Increased social and community connections are important to the health of older Colorado

Dr. Rhonda Randall

By Dr. Rhonda Randall

We are all wired for emotional connection and that doesn’t stop when we retire. In my experience as a geriatrician, older people who have a family or strong support network by their side are more likely to stay in their homes longer, get the care they need, and have better health outcomes. Unfortunately, older people who are more isolated with less of a social support system experience more challenges and often do not receive significant care.

Through my practice, I’ve learned that the path to better health for our seniors doesn’t always go through the doctor’s office. When older people are part of an active community, their health outcomes improve. But in many cases, these communities have been less active due to COVID-19. The lack of community support during the pandemic has exacerbated the impact of social isolation and mental health issues, affecting quality of life and sense of purpose and connection as our older adults age.

The United Health Foundation Top 10the Annual United States Health Ranking Top Report” – which highlights a 10-year analysis of improvements, challenges, and disparities in health and wellness across all 50 states – reflects this reality for older Americans who have felt the impact of the pandemic in many ways.

Unfortunately, the senior report revealed a decade of worsening mental and behavioral health problems among older adults. Over the last 10 years, nationally, we saw a 13% increase in the suicide rate, a 9% increase in the prevalence of depression, and an 8% increase in the prevalence of common mental distress among adults age 65 or more. And drug deaths increased 147% among older people, ages 65 to 74.

Behavioral health measures in Colorado were the most concerning in this year’s report, with the state ranking 43rd for suicide among those 65 and older. Additionally, Colorado ranked 37th in binge drinking.

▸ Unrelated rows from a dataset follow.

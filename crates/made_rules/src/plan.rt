//! What a change does to each rule.
ghost use Rattle.std.specs.Prelude.{◌≡◌, IfOk, map};
ghost use Rattle.rule_ancestry.specs.Holding.{id_of};
ghost use Rattle.made_rules.specs.Changing.{AreHeld, IsPlan};

use crate::made::Made;
use crate::old::{Old, olds};
use crate::parting::{Both, part};
use cv_io::Memory;
use rule_ancestry::Store;
use std::alloc::Global;

/// The ids that go, the rules that come, and those that stay and are made anew.
#[derive(Drop)]
pub(crate) struct Plan {
    pub(crate) gone: Vec<usize>,
    pub(crate) come: Vec<Made>,
    pub(crate) both: Vec<Both>,
}

/// The ids of rules.
fn ids_of(alloc: Global, olds: &[Old]) -> Result<Vec<usize>, Memory>
    ensures { IfOk result (λ ids. ids.items ≡ map id_of olds.now) }
{
    let mut ids = Vec::with_capacity(alloc, olds.len())?;
    for old in olds {
        ids.push(old.id)?;
    }
    Ok(ids)
}

/// Tells apart what goes, what comes and what stays.
pub(crate) fn plan_of(
    alloc: Global,
    store: &Store<Made>,
    lost: &[usize],
    made: Vec<Made>,
) -> Result<Plan, Memory>
    requires { AreHeld lost.now store.now }
    ensures { IfOk result (λ plan. IsPlan store.now lost.now made.items plan.gone.items plan.come.items
        plan.both.items) }
{
    let held = olds(alloc, store, lost)?;
    let parted = part(alloc, held, made)?;
    let gone = ids_of(alloc, &parted.gone)?;
    Ok(Plan {
        gone,
        come: parted.come,
        both: parted.both,
    })
}
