//! The work that is measured.

use super::frames::{FRAMES, LENGTH};
use cv_io::{Bytes, Memory};
use of10_actions::Rewrite;
use of10_match::Header;
use pkt_bytes::header_of;
use std::alloc::Global;

/// A byte of an address of IPv4 in most of the frames.
const VARIED: usize = 29;

/// Frames that differ from turn to turn.
fn vary(frame: &mut [u8; LENGTH], turn: u32) {
    frame[VARIED] = (turn % 256) as u8;
}

/// The sum of a header's numbers.
fn sum_of(header: &Header) -> u64 {
    u64::from(header.in_port)
        .wrapping_add(header.dl_src)
        .wrapping_add(header.dl_dst)
        .wrapping_add(u64::from(header.dl_vlan))
        .wrapping_add(u64::from(header.dl_vlan_pcp))
        .wrapping_add(u64::from(header.dl_type))
        .wrapping_add(u64::from(header.nw_tos))
        .wrapping_add(u64::from(header.nw_proto))
        .wrapping_add(u64::from(header.nw_src))
        .wrapping_add(u64::from(header.nw_dst))
        .wrapping_add(u64::from(header.tp_src))
        .wrapping_add(u64::from(header.tp_dst))
}

/// Reads each frame so many times.
pub fn read(times: u32) -> u64 {
    let mut frames = FRAMES;
    let mut sum: u64 = 0;
    for turn in 0..times {
        for frame in frames.iter_mut() {
            vary(frame, turn);
            sum = sum.wrapping_add(sum_of(&header_of(frame, 1)));
        }
    }
    sum
}

/// A rewrite of every field.
fn every_field() -> Rewrite {
    Rewrite {
        dl_src: Some(0x0a00_0000_00bb),
        dl_dst: Some(0x0a00_0000_00aa),
        nw_src: Some(0x0a01_0203),
        nw_dst: Some(0xcb00_7105),
        nw_tos: Some(0xb8),
        tp_src: Some(40000),
        tp_dst: Some(8080),
    }
}

/// Two bytes of a frame that checksums stand in.
fn checked_bytes(frame: &Bytes) -> u64 {
    let bytes = frame.as_slice();
    let header = bytes.get(25).copied().unwrap_or(0);
    let transport = bytes.get(41).copied().unwrap_or(0);
    u64::from(header) * 256 + u64::from(transport)
}

/// Rewrites each frame so many times.
pub fn rewrite(alloc: Global, times: u32) -> Result<u64, Memory> {
    let mut frames = FRAMES;
    let r = every_field();
    let mut sum: u64 = 0;
    for turn in 0..times {
        for frame in frames.iter_mut() {
            vary(frame, turn);
            let written = pkt_bytes::rewrite(alloc, frame, &r)?;
            sum = sum.wrapping_add(checked_bytes(&written));
        }
    }
    Ok(sum)
}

The correlation between connection, community, and independent living for older people is very important for healthy outcomes and better quality of life, including behavioral health measures. But when someone doesn’t have a relational or chosen family, it’s up to society to fill that need.

Colorado ranked fifth for healthiest state overall in this year’s survey. senior report, which is very strong. If the state looks to continue to invest in the health of its seniors, there is a strong case for supporting programs that focus on connection and community, especially for seniors who do not have an integrated family network of their own.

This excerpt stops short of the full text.